Difficulty with basic mathematics and computational skills may often be evident at a very young age. As preschoolers, children who struggle with math may have trouble identifying numbers, learning to count, and recalling simple addition facts. Elementary school students with math difficulties may seem to know math facts one day, only to forget them the next, or may have to go very slowly in completing math homework, as if they were learning to solve each problem for the first time. Many children struggle to learn core mathematics skills. Some students may be able to master simple calculations, but not be able to automatically apply these skills to higher-order mathematics, including algebra, geometry, statistics, or calculus.

**Children who struggle with mathematics typically have difficulty in one or more of the following three areas:**

- Math computation: The ability to do simple mathematical operations such as addition, subtraction, multiplication, and division.

- Math fluency: The capacity to automatically recall and apply math facts, formulae, and computations.

- Math concepts: Understanding mathematical concepts such as time, distance, geometry, grouping, sequencing, graphing, and mathematical relationships.
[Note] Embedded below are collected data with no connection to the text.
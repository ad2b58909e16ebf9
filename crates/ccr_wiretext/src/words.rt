//! The words of the canonical lines.

ghost use Rattle.std.specs.Prelude.{◌≡◌, [], ◌∷◌, ◌++◌, OnOk, IfOk, map, flat_map, decimal};
ghost use Rattle.ccr_wiring.specs.PartNames.{port_name, arbiter_name, cause_name};
ghost use Rattle.ccr_wiretext.specs.Spelling.{version_words, combine_words, budget_words, policy_words, queue_words, set_words, cause_words, expr_words, action_words, end_words, pred_words, slot_words, pattern_words, group_words, branch_words, post_words};
ghost use Rattle.ccr_text.specs.Exact.{value_word};
ghost use Rattle.std.specs.List.{All};
ghost use Rattle.ccr_wiretext.specs.Values.{IsNumeral, IsValue, IsExprValued, IsActionValued, IsPredValued, IsPatternValued};

use ccr_base::{
    Action, ArbiterNo, CauseNo, Expr, Group, Name, OutOfMemory, Pattern, Policy, PortNo, Pred,
    Slot, Value, name_of,
};
use ccr_wiring::{
    BranchPart, CausePart, DomainPart, Parts, QueuePart, ScriptPost, SetPart, arbiter_name,
    cause_name, handler_name, port_name, queue_name,
};
use std::alloc::Global;
use std::marker::Model;

/// Adds the digits of a number.
fn put_digits(alloc: Global, out: &mut Vec<u8>, number: u64) -> Result<(), OutOfMemory>
    ensures text { OnOk result (out.new.items ≡ out.old.items ++ decimal number) }
    ensures valued { OnOk result (IsNumeral number) }
{
    let digits = number.to_string(alloc)?;
    out.extend_from_slice(digits.as_bytes())?;
    Ok(())
}

/// Adds a comma and the digits of a number, for each.
fn put_further(alloc: Global, out: &mut Vec<u8>, numbers: &[u64]) -> Result<(), OutOfMemory>
    ensures text { OnOk result (out.new.items ≡ out.old.items ++ flat_map (λ number. 44 ∷ decimal number) numbers.now) }
    ensures valued { OnOk result (All IsNumeral numbers.now) }
{
    for number in numbers {
        out.push(b',')?;
        put_digits(alloc, out, *number)?;
    }
    Ok(())
}

/// Adds the digits of numbers, with commas between them.
#[tactic(auto, using(crate::proofs::ValuesRead::value_put, crate::proofs::ValuesRead::numerals_more))]
fn put_numbers(
    alloc: Global,
    out: &mut Vec<u8>,
    first: u64,
    others: &[u64],
) -> Result<(), OutOfMemory>
    ensures text { OnOk result (out.new.items ≡ out.old.items ++ value_word (first ∷ others.now)) }
    ensures valued { OnOk result (All IsNumeral (first ∷ others.now)) }
{
    put_digits(alloc, out, first)?;
    put_further(alloc, out, others)
}

/// The digits of a value's numbers, with commas between them.
#[tactic(auto, unfolding(crate::specs::Values::IsValue))]
fn value_word(alloc: Global, value: &Value) -> Result<Vec<u8>, OutOfMemory>
    ensures word { IfOk result (λ word. word.items ≡ value_word value.now) }
    ensures valued { OnOk result (IsValue value.now) }
{
    let Some((first, others)) = value.numbers().split_first() else {
        unreachable!()
    };
    let mut word = Vec::new(alloc);
    put_numbers(alloc, &mut word, *first, others)?;
    Ok(word)
}

/// The words of a line that is written, from the first on.
#[derive(Drop)]
pub struct LineWords {
    alloc: Global,
    words: Vec<Name>,
}

impl Model for LineWords {
    ghost use Rattle.std.specs.Prelude.{List as Listed, ℕ};

    ghost Value = { Listed (Listed ℕ) };

    ghost view = { λ line. line.words.items };
}

impl LineWords {
    pub fn new(alloc: Global) -> Self
        ensures { result ≡ [] }
    {
        LineWords {
            alloc,
            words: Vec::new(alloc),
        }
    }

    pub fn as_slice(&self) -> &[Name]
        ensures { result.now ≡ self.now }
    {
        &self.words
    }

    fn word(&mut self, word: &[u8]) -> Result<(), OutOfMemory>
        ensures { OnOk result (self.new ≡ self.old ++ word.now ∷ []) }
    {
        let word = name_of(self.alloc, word)?;
        self.words.push(word)?;
        Ok(())
    }

    fn text(&mut self, word: &str) -> Result<(), OutOfMemory>
        ensures { OnOk result (self.new ≡ self.old ++ word.now ∷ []) }
    {
        self.word(word.as_bytes())
    }

    fn number(&mut self, number: u64) -> Result<(), OutOfMemory>
        ensures words { OnOk result (self.new ≡ self.old ++ decimal number ∷ []) }
        ensures valued { OnOk result (IsNumeral number) }
    {
        let digits = number.to_string(self.alloc)?;
        self.word(digits.as_bytes())
    }

    fn keyed(&mut self, word: &str, number: u64) -> Result<(), OutOfMemory>
        ensures words { OnOk result (self.new ≡ self.old ++ word.now ∷ decimal number ∷ []) }
        ensures valued { OnOk result (IsNumeral number) }
    {
        self.text(word)?;
        self.number(number)
    }

    fn value(&mut self, value: &Value) -> Result<(), OutOfMemory>
        ensures words { OnOk result (self.new ≡ self.old ++ value_word value.now ∷ []) }
        ensures valued { OnOk result (IsValue value.now) }
    {
        let word = value_word(self.alloc, value)?;
        self.word(&word)
    }

    fn policy(&mut self, policy: Policy) -> Result<(), OutOfMemory>
        ensures { OnOk result (self.new ≡ self.old ++ policy_words policy) }
    {
        match policy {
            Policy::Unbounded => self.text("unbounded"),
            Policy::Discard(limit) => self.keyed("discard", u64::from(limit)),
            Policy::Throttle(limit) => self.keyed("throttle", u64::from(limit)),
        }
    }

    fn expr(&mut self, expr: Expr) -> Result<(), OutOfMemory>
        ensures words { OnOk result (self.new ≡ self.old ++ expr_words expr) }
        ensures valued { OnOk result (IsExprValued expr) }
    {
        match expr {
            Expr::Number(value) => self.value(&value),
            Expr::Part(message, index) => {
                self.keyed("part", u64::from(message))?;
                self.number(u64::from(index))
            }
            Expr::Arg(message) => self.keyed("arg", u64::from(message)),
            Expr::Sum => self.text("sum"),
            Expr::Count => self.text("count"),
        }
    }

    fn pred(&mut self, pred: Pred) -> Result<(), OutOfMemory>
        ensures words { OnOk result (self.new ≡ self.old ++ pred_words pred) }
        ensures valued { OnOk result (IsPredValued pred) }
    {
        match pred {
            Pred::Any => self.text("any"),
            Pred::Eq(value) => self.keyed("eq", value),
            Pred::Lt(value) => self.keyed("lt", value),
            Pred::Ge(value) => self.keyed("ge", value),
        }
    }

    fn ports(&mut self, parts: &Parts, ports: &[PortNo]) -> Result<(), OutOfMemory>
        ensures { OnOk result (self.new ≡ self.old ++ map (port_name parts.now) ports.now) }
    {
        for port in ports {
            self.word(port_name(parts, *port))?;
        }
        Ok(())
    }

    fn arbiters(&mut self, parts: &Parts, arbiters: &[ArbiterNo]) -> Result<(), OutOfMemory>
        ensures { OnOk result (self.new ≡ self.old ++ map (arbiter_name parts.now) arbiters.now) }
    {
        for arbiter in arbiters {
            self.word(arbiter_name(parts, *arbiter))?;
        }
        Ok(())
    }

    fn causes(&mut self, parts: &Parts, causes: &[CauseNo]) -> Result<(), OutOfMemory>
        ensures { OnOk result (self.new ≡ self.old ++ map (cause_name parts.now) causes.now) }
    {
        for cause in causes {
            self.word(cause_name(parts, *cause))?;
        }
        Ok(())
    }

    fn slot(&mut self, parts: &Parts, slot: Slot) -> Result<(), OutOfMemory>
        ensures words { OnOk result (self.new ≡ self.old ++ slot_words parts.now slot) }
        ensures valued { OnOk result (IsPredValued slot.pred) }
    {
        self.word(port_name(parts, slot.port))?;
        self.number(u64::from(slot.least))?;
        self.pred(slot.pred)
    }

    fn slots(&mut self, parts: &Parts, slots: &[Slot]) -> Result<(), OutOfMemory>
        ensures words { OnOk result (self.new ≡ self.old ++ flat_map (slot_words parts.now) slots.now) }
        ensures valued { OnOk result (All (λ slot. IsPredValued slot.pred) slots.now) }
    {
        for slot in slots {
            self.slot(parts, *slot)?;
        }
        Ok(())
    }

    pub fn pattern(&mut self, parts: &Parts, pattern: &Pattern) -> Result<(), OutOfMemory>
        ensures words { OnOk result (self.new ≡ self.old ++ pattern_words parts.now pattern.now) }
        ensures valued { OnOk result (IsPatternValued pattern.now) }
    {
        match pattern {
            Pattern::Slots(slots) => {
                self.text("take")?;
                self.slots(parts, slots.as_slice())
            }
            Pattern::Gather {
                total,
                first,
                second,
            } => {
                self.keyed("gather", u64::from(*total))?;
                self.word(port_name(parts, *first))?;
                self.word(port_name(parts, *second))
            }
        }
    }

    fn group(&mut self, name: &[u8], group: Group) -> Result<(), OutOfMemory>
        ensures { OnOk result (self.new ≡ self.old ++ group_words name.now group) }
    {
        match group {
            Group::Once => {
                self.word_and_name("receive", name)?;
                self.text("once")
            }
            Group::Always => {
                self.word_and_name("receive", name)?;
                self.text("always")
            }
            Group::Choice => self.word_and_name("branch", name),
            Group::Teardown => self.word_and_name("teardown", name),
            Group::Exclusive => self.word_and_name("exclusive", name),
            Group::Concurrent => self.word_and_name("concurrent", name),
        }
    }

    /// The word `first` and a name.
    pub fn word_and_name(&mut self, first: &str, name: &[u8]) -> Result<(), OutOfMemory>
        ensures { OnOk result (self.new ≡ self.old ++ first.now ∷ name.now ∷ []) }
    {
        self.text(first)?;
        self.word(name)
    }

    /// The line that gives the version.
    pub fn version(&mut self, version: u32) -> Result<(), OutOfMemory>
        ensures { OnOk result (self.new ≡ self.old ++ version_words version) }
    {
        self.text("ccr")?;
        if version == 2 {
            self.text("2")
        } else {
            self.text("1")
        }
    }

    pub fn budget(&mut self, budget: u32) -> Result<(), OutOfMemory>
        ensures { OnOk result (self.new ≡ self.old ++ budget_words budget) }
    {
        self.keyed("budget", u64::from(budget))
    }

    pub fn queue(&mut self, part: &QueuePart) -> Result<(), OutOfMemory>
        ensures { OnOk result (self.new ≡ self.old ++ queue_words part.now) }
    {
        self.word_and_name("queue", part.name.as_slice())?;
        self.policy(part.policy)
    }

    pub fn set(&mut self, parts: &Parts, part: &SetPart) -> Result<(), OutOfMemory>
        ensures { OnOk result (self.new ≡ self.old ++ set_words parts.now part.now) }
    {
        self.word_and_name("portset", part.name.as_slice())?;
        self.ports(parts, part.ports.as_slice())
    }

    pub fn cause(&mut self, parts: &Parts, part: &CausePart) -> Result<(), OutOfMemory>
        ensures { OnOk result (self.new ≡ self.old ++ cause_words parts.now part.now) }
    {
        self.word_and_name("cause", part.name.as_slice())?;
        self.word(port_name(parts, part.port))
    }

    pub fn domain(&mut self, parts: &Parts, part: &DomainPart) -> Result<(), OutOfMemory>
        ensures { OnOk result (self.new ≡ self.old ++ combine_words parts.now part.now) }
    {
        self.text("combine")?;
        self.arbiters(parts, part.members.as_slice())
    }

    pub fn action(&mut self, parts: &Parts, action: &Action) -> Result<(), OutOfMemory>
        ensures words { OnOk result (self.new ≡ self.old ++ action_words parts.now action.now) }
        ensures valued { OnOk result (IsActionValued action.now) }
    {
        match *action {
            Action::Post(port, value) => {
                self.word_and_name("post", port_name(parts, port))?;
                self.expr(value)
            }
            Action::Fail(value) => {
                self.text("fail")?;
                self.expr(value)
            }
            Action::Add(cause) => self.word_and_name("add", cause_name(parts, cause)),
            Action::Remove(cause) => self.word_and_name("remove", cause_name(parts, cause)),
            Action::Await(port) => self.word_and_name("await", port_name(parts, port)),
        }
    }

    pub fn branch(&mut self, parts: &Parts, branch: &BranchPart) -> Result<(), OutOfMemory>
        ensures words { OnOk result (self.new ≡ self.old ++ branch_words parts.now branch.now) }
        ensures valued { OnOk result (IsPatternValued branch.now.pattern) }
    {
        self.group(branch.name.as_slice(), branch.group)?;
        self.word(queue_name(parts, branch.queue))?;
        self.word(handler_name(parts, branch.handler))?;
        self.pattern(parts, &branch.pattern)
    }

    pub fn post(&mut self, parts: &Parts, post: &ScriptPost) -> Result<(), OutOfMemory>
        ensures words { OnOk result (self.new ≡ self.old ++ post_words parts.now post.now) }
        ensures valued { OnOk result (IsValue post.now.value) }
    {
        self.word_and_name("post", port_name(parts, post.port()))?;
        self.value(&post.value())?;
        self.causes(parts, post.causes())
    }

    pub fn end(&mut self) -> Result<(), OutOfMemory>
        ensures { OnOk result (self.new ≡ self.old ++ end_words) }
    {
        self.text("end")
    }
}
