//! The numbers of a wiring, and the asks and replies that name no others.

ghost use Rattle.std.specs.Prelude.{◌≡◌, ◌↔◌, true, ◌++◌, length, map, nat_lt, IfOk, OnOk};
ghost use Rattle.std.specs.List.{list_all};
ghost use Rattle.ccr_base.specs.declared.tasks.Cut.{Cut as CutOf};
ghost use Rattle.ccr_wiring.specs.Wirings.{actions_of, awaited};
ghost use Rattle.ccr_object.specs.Numbers.{numbers_of, domain_tests, site_count, site_counts, has_domain, has_spot, has_each, has_causes, knows_message, knows_task, has_handed, is_known, names_known};
ghost use Rattle.ccr_claim.specs.declared.asks.Ask.{Ask};
ghost use Rattle.ccr_claim.specs.declared.asks.Reply.{Reply as Replied};
ghost use Rattle.ccr_claim.specs.Wired.{IsKnown, IsReplyOf};

use ccr_base::{Action, ArbiterNo, Cut, Msg, OutOfMemory, Spot, Task};
use ccr_claim::{Ask, Reply};
use ccr_wiring::{BranchPart, Wiring, are_apart};
use std::alloc::Global;
use std::marker::Model;

/// How many ports, queues and causes there are, of each arbiter whether its number is that of its domain, and of each
/// branch how many sites it has. All places share it, so it is made once.
#[derive(Drop)]
pub struct Numbers {
    ports: usize,
    queues: usize,
    causes: usize,
    domains: Vec<bool>,
    sites: Vec<usize>,
}

impl Model for Numbers {
    ghost use Rattle.ccr_object.specs.Numbers.{Numbers as NumbersOf};

    ghost Value = { NumbersOf };

    ghost view = { λ numbers. record { ports = numbers.ports; queues = numbers.queues; causes = numbers.causes; domains = numbers.domains.items; sites = numbers.sites.items } };
}

impl Numbers {
    /// Those of the wiring.
    pub fn of(alloc: Global, wiring: &Wiring) -> Result<Numbers, OutOfMemory>
        ensures numbers { IfOk result (λ numbers. numbers ≡ numbers_of wiring.now) }
        ensures exact { (ask : Ask) → (is_known (numbers_of wiring.now) ask ≡ true) ↔ IsKnown wiring.now ask }
        ensures replies { (reply : Replied) → (names_known (numbers_of wiring.now) reply ≡ true) ↔ IsReplyOf wiring.now reply }
    {
        let parts = wiring.parts();
        let domains = domain_tests(alloc, wiring)?;
        let sites = site_counts(alloc, wiring)?;
        Ok(Numbers {
            ports: parts.ports.as_slice().len(),
            queues: parts.queues.as_slice().len(),
            causes: parts.causes.as_slice().len(),
            domains,
            sites,
        })
    }

    /// Whether all numbers in the ask are among these, and no cause stands twice in its message or task.
    pub fn knows(&self, ask: &Ask) -> bool
        ensures { result ≡ is_known self.now ask.now }
    {
        match ask {
            Ask::Post(message) => self.knows_message(message),
            Ask::Claim(_, slot) => (slot.port as usize) < self.ports,
            Ask::Commit(task, _) => self.knows_task(task),
            Ask::Suspend(task) => self.knows_task(task),
            Ask::Put(task) => self.knows_task(task),
            _ => true,
        }
    }

    /// Whether all numbers in the reply are among these, and no cause stands twice in a message or task of it. The places of a
    /// wiring reply nothing else; a net of other places tests its replies so.
    pub fn names(&self, reply: &Reply) -> bool
        ensures { result ≡ names_known self.now reply.now }
    {
        match reply {
            Reply::Got(messages) => self.knows_messages(messages.as_slice()),
            Reply::Fired { task, cuts } => {
                self.has_handed(task) && has_cuts(self.queues, cuts.as_slice())
            }
            Reply::Admitted(task) | Reply::Dropped(task) | Reply::Taken(task) => {
                self.has_handed(task)
            }
            _ => true,
        }
    }

    fn knows_messages(&self, messages: &[Msg]) -> bool
        ensures { result ≡ list_all (knows_message self.now) messages.now }
    {
        for message in messages {
            if !self.knows_message(message) {
                return false;
            }
        }
        true
    }

    fn has_handed(&self, task: &Option<Task>) -> bool
        ensures { result ≡ has_handed self.now task.now }
    {
        match task {
            Some(task) => self.knows_task(task),
            None => true,
        }
    }

    fn knows_message(&self, message: &Msg) -> bool
        ensures { result ≡ knows_message self.now message.now }
    {
        (message.port as usize) < self.ports && self.has_causes(message.causes.as_slice())
    }

    fn knows_task(&self, task: &Task) -> bool
        ensures { result ≡ knows_task self.now task.now }
    {
        self.has_spot(task.spot)
            && self.has_domain(task.arbiter)
            && (task.queue as usize) < self.queues
            && self.has_causes(task.causes.as_slice())
    }

    fn has_spot(&self, spot: Spot) -> bool
        ensures { result ≡ has_spot self.now spot }
    {
        match spot {
            Spot::Branch(branch) => (branch as usize) < self.sites.len(),
            Spot::Site(branch, site) => match self.sites.get(branch as usize) {
                Some(count) => (site as usize) < *count,
                None => false,
            },
        }
    }

    fn has_domain(&self, number: ArbiterNo) -> bool
        ensures { result ≡ has_domain self.now number }
    {
        match self.domains.get(number as usize) {
            Some(own) => *own,
            None => false,
        }
    }

    fn has_causes(&self, causes: &[u32]) -> bool
        ensures { result ≡ has_causes self.now causes.now }
    {
        has_each(self.causes, causes) && are_apart(causes)
    }
}

fn has_cuts(count: usize, cuts: &[Cut]) -> bool
    ensures { result ≡ list_all (λ (cut : CutOf). nat_lt cut.queue count) cuts.now }
{
    for cut in cuts {
        if (cut.queue as usize) >= count {
            return false;
        }
    }
    true
}

fn has_each(count: usize, causes: &[u32]) -> bool
    ensures { result ≡ has_each count causes.now }
{
    for cause in causes {
        if (*cause as usize) >= count {
            return false;
        }
    }
    true
}

fn count_awaits(actions: &[Action]) -> usize
    ensures { result ≡ length (awaited actions.now) }
{
    let mut count = 0;
    for action in actions {
        if let Action::Await(_) = *action {
            count += 1;
        }
    }
    count
}

fn add_counts(
    counts: &mut Vec<usize>,
    wiring: &Wiring,
    branches: &[BranchPart],
) -> Result<(), OutOfMemory>
    ensures { OnOk result (counts.new.items ≡ counts.old.items ++ map (site_count wiring.now) branches.now) }
{
    for branch in branches {
        counts.push(count_awaits(wiring.actions_of(branch.handler)))?;
    }
    Ok(())
}

fn domain_tests(alloc: Global, wiring: &Wiring) -> Result<Vec<bool>, OutOfMemory>
    ensures { IfOk result (λ tests. tests.items ≡ domain_tests wiring.now.domains (length wiring.now.arbiters)) }
{
    let count = wiring.parts().arbiters.as_slice().len() as u32;
    let mut tests = Vec::new(alloc);
    for number in 0..count {
        tests.push(wiring.domain(number) == number)?;
    }
    Ok(tests)
}

fn site_counts(alloc: Global, wiring: &Wiring) -> Result<Vec<usize>, OutOfMemory>
    ensures { IfOk result (λ counts. counts.items ≡ site_counts wiring.now) }
{
    let mut counts = Vec::new(alloc);
    for arbiter in wiring.parts().arbiters.as_slice() {
        add_counts(&mut counts, wiring, arbiter.branches.as_slice())?;
    }
    Ok(counts)
}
Learn more about these crucial skills for mathematics:

**Math Computation**

Math computation is defined as the ability to calculate, or use a mathematical operation, to study quantity, structure, space, or change. Individuals with strong math computational skills are able to learn and retain math facts with greater ease, and apply calculation skills efficiently. Children who struggle with math computation may have difficulty solving basic math problems in their heads or struggle while working out complex math problems, even with the use of a calculator.

**Math Fluency**

Math fluency is described as the ability to solve math problems in an effortless, efficient, and clear fashion, and takes into account the pace with which one can perform calculations. Math fluency enables students to automatically complete a mathematical task without having to figure out each step of the problem as if they were attempting it for the first time.

**Math Concepts**

Math concepts allow students to understand the relationships between numbers and operations and to apply this knowledge to the real world. Individuals who understand mathematical concepts are often described as having a good “number sense.” Conceptual math underlies an understanding of higher order mathematics and is a key component of sciences, statistics, and computer programming. Students who have difficulty with math concepts may find it problematic to do word problems because they cannot identify the crucial information needed to solve the problem. They may also experience difficulty understanding graphs, symbols, and higher-level mathematics.